The plates have the letter “H,” “S,” or “Z” — abbreviations for Polish words (Polish was the official language in Galicia from the 1860s until WWII):

“H” stands for “hydrant” — fire hydrant;
“S” stands for “spust” — the valve that flushes water from the system;
“Z” stands for “zasuwa” — the stop valve.

The little number located at the very top is the serial number. The number above the letter is the diameter of the pipe. The number to the side is the distance in meters in the appropriate direction (indicated by the arrow). And the lower number is the distance in meters of from the wall.

Marker plates with the sorts of covers they point to
Examples where both the marker plate and hydrant are visible

Marker plates can also be found on fences and posts.

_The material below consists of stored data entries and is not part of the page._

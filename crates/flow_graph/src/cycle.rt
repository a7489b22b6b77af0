ghost use Rattle.std.specs.Prelude.{◌<◌, ◌≤◌, length, map, vec_len};
ghost use Rattle.flow_graph.specs.Turned.{IsLeastAt, IsTurned};

use base_words::Location;

/// Locations, each with an edge free of marks to the next, and the last with one to the first. The
/// smallest is the first. None is there twice with the same open at the exits of calls.
#[derive(Debug, Drop, PartialEq, Eq)]
pub struct Cycle {
    /// The locations, 65,536 at most.
    pub locations: Vec<Location>,
    pub ghost few: { vec_len locations ≤ 65536 },
}

impl Cycle {
    /// The cycle of these locations, turned so that the smallest is the first.
    pub fn turned(mut locations: Vec<Location>) -> Cycle
        requires some { 0 < vec_len locations }
        requires few { vec_len locations ≤ 65536 }
        ensures { IsTurned (map (λ location. location.number) locations.items)
            (map (λ location. location.number) result.locations.items) }
    {
        let smallest = place_of_smallest(&locations);
        locations.rotate_left(smallest);
        Cycle { locations }
    }
}

/// Where the smallest of some locations stands.
fn place_of_smallest(locations: &[Location]) -> usize
    requires { 0 < length locations.now }
    ensures within { result < length locations.now }
    ensures least { IsLeastAt (map (λ location. location.number) locations.now) result }
{
    let mut smallest = 0;
    for (place, location) in locations.iter().enumerate() {
        if location.number < locations[smallest].number {
            smallest = place;
        }
    }
    smallest
}
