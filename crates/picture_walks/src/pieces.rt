//! The pieces of a walk in rounds: what each takes, and how often it comes.

use base_notes::Times;
use flow_walks::{Piece, Placed, Visit};
use picture_scene::Parts;
use std::alloc::{AllocError, Global};
use std::slice;

/// So many rounds of earlier pieces in a row.
#[derive(Clone, Copy)]
pub struct Rounds<'a> {
    pub times: u16,
    /// The numbers of the pieces.
    pub pieces: &'a [usize],
}

/// A hop, begun at the moment 0 of a walk from its angle.
#[derive(Clone, Copy)]
pub struct PieceHop {
    pub visit: Visit,
    pub parts: Parts,
}

/// What a piece is.
#[derive(Clone, Copy)]
pub enum Content<'a> {
    Hop(PieceHop),
    Rounds(Rounds<'a>),
}

/// A piece, with what it comes to.
#[derive(Clone, Copy)]
pub struct Weighed<'a> {
    pub content: Content<'a>,
    /// The word times that it takes; of rounds those of one.
    pub once: u128,
    /// How often it comes in the whole walk.
    pub taken: u128,
}

impl PieceHop {
    /// The hop of a piece, which takes as long as it can.
    fn of(one: Placed, times: &Times) -> PieceHop {
        let visit = Visit {
            place: one.location,
            instruction: one.hop.instruction,
            way: one.hop.way,
            took: u32::try_from(one.longest(times)).unwrap_or(u32::MAX),
            begun: 0,
        };
        PieceHop {
            visit,
            parts: Parts::of(&visit, one.angle, times),
        }
    }
}

impl<'a> Rounds<'a> {
    /// So many rounds of one piece.
    fn of_one(times: u16, piece: &'a usize) -> Rounds<'a> {
        Rounds {
            times,
            pieces: slice::from_ref(piece),
        }
    }
}

impl<'a> Content<'a> {
    /// What a piece is.
    fn of(piece: &'a Piece, times: &Times) -> Content<'a> {
        match piece {
            Piece::Hop(one) => Content::Hop(PieceHop::of(*one, times)),
            Piece::Row(pieces) => Content::Rounds(Rounds { times: 1, pieces }),
            Piece::Rounds(rounds) => {
                Content::Rounds(Rounds::of_one(rounds.times, &rounds.piece))
            }
        }
    }

    /// How often it is gone through, once it comes.
    fn rounds(self) -> u128 {
        match self {
            Content::Hop(_) => 1,
            Content::Rounds(rounds) => u128::from(rounds.times),
        }
    }

    /// The word times that it takes, of rounds one, by what the earlier pieces take.
    fn once(self, earlier: &[Weighed<'_>]) -> u128 {
        let rounds = match self {
            Content::Hop(hop) => return u128::from(hop.visit.took),
            Content::Rounds(rounds) => rounds,
        };
        let mut time = 0u128;
        for number in rounds.pieces {
            if let Some(piece) = earlier.get(*number) {
                time = time.saturating_add(piece.time());
            }
        }
        time
    }
}

impl Weighed<'_> {
    /// The word times that it takes.
    pub fn time(&self) -> u128 {
        self.once.saturating_mul(self.content.rounds())
    }
}

/// Counts the pieces of these numbers, those below a number, so often more.
fn count(pieces: &mut [Weighed<'_>], numbers: &[usize], below: usize, often: u128) {
    for number in numbers {
        if *number < below {
            if let Some(piece) = pieces.get_mut(*number) {
                piece.taken = piece.taken.saturating_add(often);
            }
        }
    }
}

/// Counts the pieces that one names, by how often that one comes.
fn count_named(pieces: &mut [Weighed<'_>], number: usize) {
    let Some(piece) = pieces.get(number) else {
        return;
    };
    if let Content::Rounds(rounds) = piece.content {
        let often = piece.taken.saturating_mul(u128::from(rounds.times));
        count(pieces, rounds.pieces, number, often);
    }
}

/// Counts how often each piece comes: the last one, which is the whole, once.
fn count_all(pieces: &mut [Weighed<'_>]) {
    if let Some(whole) = pieces.last_mut() {
        whole.taken = 1;
    }
    for number in (0..pieces.len()).rev() {
        count_named(pieces, number);
    }
}

/// The pieces of a walk, with what they come to.
pub fn weigh<'a>(
    alloc: Global,
    pieces: &'a [Piece],
    times: &Times,
) -> Result<Vec<Weighed<'a>>, AllocError> {
    let mut all = Vec::new(alloc);
    for piece in pieces {
        let content = Content::of(piece, times);
        let once = content.once(&all);
        all.push(Weighed {
            content,
            once,
            taken: 0,
        })?;
    }
    count_all(&mut all);
    Ok(all)
}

Under the marker plates we find the letter and numbers painted directly on the building, as can be seen in places where plates have been removed. This was either a temporary solution or an even older method used for marking the locations of the hydrants and valves.

It is not surprising that these prewar relics survived the wars and the Soviet era—their function stayed the same and they remained vital to the functioning of the city. And even though Russian and Ukrainian would come to replace Polish as the language of the urban landscape, the Polish abbreviations and inscriptions were inconspicuous enough that the marker plates, as well as the manhole covers themselves, were left undisturbed—the hassle of replacing them was definitely not worth the effort.

And although no major changes are being done to the sewerage or plumbing systems in the historical neighborhoods of Lviv, occasionally the need to add new marker plates arises. And so here and there one can find plates with the Cyrillic letters “ПГ,” which stand for the words “пожежний гідрант”—Ukrainian for “fire hydrant.”